1. Field of the Invention
The present invention relates, in general, to a method for preparing a pattern overlay accuracy-measuring mark useful in the fabrication of semiconductor device particularly, an improvement in measurement of overlay accuracy.
2. Description of the Prior Art
Generally, a semiconductor device is fabricated by complicated processes wherein a plurality of light-exposure masks are repeatedly aligned by a stepper. The stepper, which is a limited light-exposing apparatus operable in a step-and-repeat manner repeatedly moves a stage in an x-y direction so as to align the masks prior to exposure to light. By means of the stepper, a wafer is aligned in a manual or automatic manner on the basis of an alignment mark.

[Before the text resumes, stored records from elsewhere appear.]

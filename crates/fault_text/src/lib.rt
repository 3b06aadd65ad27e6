//! The line that tells a fault of a policy, by the names of things in its sources.
#![tactic(auto)]

mod laws;
mod line;

pub use laws::told_lines_are_those;
pub use line::fault_line;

At the moment, an error may be generated by mechanical motion of the stage during alignment. If this alignment error exceeds an allowable limit, a defect may be generated in the semiconductor device.
Usually, an overlay accuracy-measuring mark, involving an upper mark which is overlapped with a lower mark, measures alignment error. The control range of overlay accuracy for misalignment acts on the design rule of the semiconductor device and is typically in a range of 20 to 30%.
Although the alignment mark relies upon layer-to-layer alignment between different light-exposure masks, it is really used for the alignment between dies with respect to one light-exposure mask. The alignment mark is detected by the recognizer of the stepper in advance of a light-exposing step, which is necessary to revise the overlay accuracy between two patterns thus formed, the accuracy of which has been measured by additional measuring equipment. The term "die" used herein means the total region that is formed by one light-exposing process, and one die may include a plurality of semiconductor devices.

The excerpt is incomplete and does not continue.